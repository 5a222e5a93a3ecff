//! Branches: `BRANCH length body JUMP skip ... 0`.
//!
//! The character at the cursor is read once for all alternatives. An alternative that must begin with another character
//! is skipped. Of one that begins with a test, only the rest is left. A choice is saved only if an alternative after
//! the first may match. At the end of the range no character decides, so each alternative is tried.
//!
//! If the request carries FIRST sets, an ASCII character is looked up there. Then the words of an alternative are read
//! only if it may match. An empty list excludes nothing.

ghost use Rattle.std.specs.Prelude.{◌≡◌, ℕ, ◌+◌, ◌<◌, ◌^◌, true, false, IfOk, IfSome, MatchOption};
ghost use Rattle.sre_machine.specs.Terms.{Test, word, Instruction, Alternatives, Point, Chooses, Exhausted};
ghost use Rattle.sre_machine.specs.Terms.{begins_test, end_of, run_of, OpcodeAt, TestAt, TestStandsAt, test_takes};
ghost use Rattle.sre_machine.specs.Terms.{character_at, YieldsTo, contains};
ghost use Rattle.sre_turns.specs.Admitting.{IsOutside};
ghost use Rattle.sre_machine.specs.Turns.{At, Turn, AtPoint, ContinuesTo, ReadAt, RefusesAt, TurnAt};

use crate::machine::{choose, opcode};
use sre_board::Board;
use sre_chars::constants::SreOpcode;
use sre_chars::string::{StrDrive, StringCursor};
use sre_code::ascii_set::AsciiSet;
use sre_growth::Refusal;
use sre_request::one_character::{takes, test_end};
use sre_request::text::read;
use sre_request::words::{operand, word};
use sre_request::{Request, one_character};
use sre_turns::{Next, Point};
use std::alloc::Allocator;
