//! Loops: `REPEAT skip least greatest body`, with MAX_UNTIL or MIN_UNTIL after the body, where the skip leads.
//!
//! The stack has the loops in progress. A body that must fail is not begun, and an end that must fail is not saved. So
//! a loop that the next character decides saves nothing. The first body of a greedy loop is tried in the step of its
//! REPEAT. After an empty body the loop's end is next, so the same end, saved before that body, is dropped. Otherwise
//! nested loops would save the square of their depth.

ghost use Rattle.std.specs.Prelude.{◌≡◌, ◌+◌, IfOk};
ghost use Rattle.sre_machine.specs.Terms.{Instruction, next_frame, MayRepeat, run_of, OpcodeAt, may_repeat};
ghost use Rattle.sre_machine.specs.Terms.{with_loop};
ghost use Rattle.sre_machine.specs.Turns.{Turn, AtOnBoard};

use crate::machine::{ends_in_vain, opcode, refuses};
use crate::strides::{may_stride, strided};
use sre_board::Board;
use sre_chars::constants::{MAXREPEAT, SreOpcode};
use sre_chars::string::{StrDrive, StringCursor};
use sre_growth::Refusal;
use sre_request::Request;
use sre_request::words::operand;
use sre_turns::{Frame, Next, Point};
use std::alloc::Allocator;

/// Whether a further body may be tried at a cursor.
#[inline(always)]
pub(super) fn may_repeat(greatest: u32, frame: Frame, cursor: StringCursor) -> bool
    ensures { result ≡ may_repeat greatest frame.count frame.last cursor.position }
{
    let is_below = greatest as usize == MAXREPEAT || frame.count < greatest;
    match frame.last {
        None => is_below,
        Some(last) => is_below && last != cursor.position(),
    }
}

/// The frame with one more body; the count saturates.
#[inline(always)]
pub(super) fn next_frame(frame: Frame, last: Option<usize>) -> Frame
    ensures { result ≡ next_frame frame last }
{
    Frame {
        repeat: frame.repeat,
        count: frame.count.saturating_add(1),
        last,
    }
}

/// `REPEAT skip least greatest body`: begins a loop at its end, and tries a greedy loop's first body at once.
#[inline(always)]
pub(super) fn repeat<S: StrDrive, A: Allocator, const STRIDES: bool>(
    req: &Request<'_, S>,
    board: &mut Board<A>,
    place: usize,
    cursor: StringCursor,
) -> Result<Next, Refusal<A>>
    requires opcode { OpcodeAt req.now place SreOpcode.REPEAT }
    requires stands { AtOnBoard req.now (Instruction place) cursor board.old }
    ensures { IfOk result (λ next. Turn req.now place cursor board.old next board.new) }
{
    let skip = operand(req, place, 1);
    let end = place + 1 + skip as usize;
    let frame = Frame {
        repeat: place,
        count: 0,
        last: None,
    };
    match opcode(req, end, cursor) {
        SreOpcode::MAX_UNTIL => Ok(further::<S, A, STRIDES>(req, board, end, frame, cursor)?),
        _ => {
            board.enter(frame)?;
            Ok(Next::At(end, cursor))
        }
    }
}

/// A further body of a greedy loop whose frame is off the stack, if one may be tried, or the loop's end.
#[tactic(auto, using(sre_turns::proofs::semantics::StepsInLoops::until_operands))]
#[inline(always)]
pub(super) fn body_or_end<S: StrDrive, A: Allocator>(
    req: &Request<'_, S>,
    board: &mut Board<A>,
    place: usize,
    frame: Frame,
    cursor: StringCursor,
) -> Result<Next, Refusal<A>>
    requires opcode { OpcodeAt req.now place SreOpcode.MAX_UNTIL }
    requires more { MayRepeat (run_of req.now).words frame cursor.position }
    requires stands { AtOnBoard req.now (Instruction place) cursor (with_loop frame board.old) }
    ensures { IfOk result
        (λ next. Turn req.now place cursor (with_loop frame board.old) next board.new) }
{
    let _opcode = operand(req, place, 0);
    let _greatest = operand(req, frame.repeat, 3);
    let body = frame.repeat + 4;
    if refuses(req, body, cursor) {
        return Ok(Next::At(place + 1, cursor));
    }
    let next = next_frame(frame, Some(cursor.position()));
    if ends_in_vain(req, place + 1, cursor) {
        board.enter(next)?;
        return Ok(Next::At(body, cursor));
    }
    board.save(Point::Instruction(place + 1), cursor)?;
    board.enter(next)?;
    Ok(Next::At(body, cursor))
}

// A required body, or, once there are enough, a further body or the end.
#[inline(always)]
fn further<S: StrDrive, A: Allocator, const STRIDES: bool>(
    req: &Request<'_, S>,
    board: &mut Board<A>,
    place: usize,
    frame: Frame,
    cursor: StringCursor,
) -> Result<Next, Refusal<A>>
    requires opcode { OpcodeAt req.now place SreOpcode.MAX_UNTIL }
    requires stands { AtOnBoard req.now (Instruction place) cursor (with_loop frame board.old) }
    ensures { IfOk result
        (λ next. Turn req.now place cursor (with_loop frame board.old) next board.new) }
{
    let _opcode = operand(req, place, 0);
    let least = operand(req, frame.repeat, 2);
    let greatest = operand(req, frame.repeat, 3);
    if frame.count < least {
        board.enter(next_frame(frame, frame.last))?;
        return Ok(Next::At(frame.repeat + 4, cursor));
    }
    if !may_repeat(greatest, frame, cursor) {
        let refers = req.pattern_codes().refers();
        board.drop_same(place + 1, cursor, refers);
        return Ok(Next::At(place + 1, cursor));
    }
    if may_stride::<S, STRIDES>(req, frame.repeat + 4, greatest, frame, cursor) {
        return strided(req, board, place, greatest, frame, cursor);
    }
    Ok(body_or_end(req, board, place, frame, cursor)?)
}

/// MAX_UNTIL: a further body first, then the loop's end.
#[inline(always)]
pub(super) fn max_until<S: StrDrive, A: Allocator, const STRIDES: bool>(
    req: &Request<'_, S>,
    board: &mut Board<A>,
    place: usize,
    cursor: StringCursor,
) -> Result<Next, Refusal<A>>
    requires opcode { OpcodeAt req.now place SreOpcode.MAX_UNTIL }
    requires stands { AtOnBoard req.now (Instruction place) cursor board.old }
    ensures { IfOk result (λ next. Turn req.now place cursor board.old next board.new) }
{
    let frame = board.top();
    board.leave();
    Ok(further::<S, A, STRIDES>(req, board, place, frame, cursor)?)
}

/// MIN_UNTIL: the loop's end first, then a further body.
#[inline(always)]
pub(super) fn min_until<S: StrDrive, A: Allocator>(
    req: &Request<'_, S>,
    board: &mut Board<A>,
    place: usize,
    cursor: StringCursor,
) -> Result<Next, Refusal<A>>
    requires opcode { OpcodeAt req.now place SreOpcode.MIN_UNTIL }
    requires stands { AtOnBoard req.now (Instruction place) cursor board.old }
    ensures { IfOk result (λ next. Turn req.now place cursor board.old next board.new) }
{
    let _opcode = operand(req, place, 0);
    let frame = board.top();
    let least = operand(req, frame.repeat, 2);
    let greatest = operand(req, frame.repeat, 3);
    let body = frame.repeat + 4;
    board.leave();
    if frame.count < least {
        board.enter(next_frame(frame, frame.last))?;
        return Ok(Next::At(body, cursor));
    }
    if !may_repeat(greatest, frame, cursor) {
        return Ok(Next::At(place + 1, cursor));
    }
    if refuses(req, body, cursor) {
        return Ok(Next::At(place + 1, cursor));
    }
    board.enter(next_frame(frame, Some(cursor.position())))?;
    if ends_in_vain(req, place + 1, cursor) {
        return Ok(Next::At(body, cursor));
    }
    board.save(Point::Instruction(body), cursor)?;
    board.leave();
    Ok(Next::At(place + 1, cursor))
}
⁂
WORK TO COMPLETE —
Check each line of the records for the word "StrDrive" and extract those that contain it.

RESULT FOR THIS EXERCISE —
use sre_chars::string::{StrDrive, StringCursor};
use sre_chars::string::{StrDrive, StringCursor};
pub(super) fn repeat<S: StrDrive, A: Allocator, const STRIDES: bool>(
pub(super) fn body_or_end<S: StrDrive, A: Allocator>(
fn further<S: StrDrive, A: Allocator, const STRIDES: bool>(
pub(super) fn max_until<S: StrDrive, A: Allocator, const STRIDES: bool>(
pub(super) fn min_until<S: StrDrive, A: Allocator>(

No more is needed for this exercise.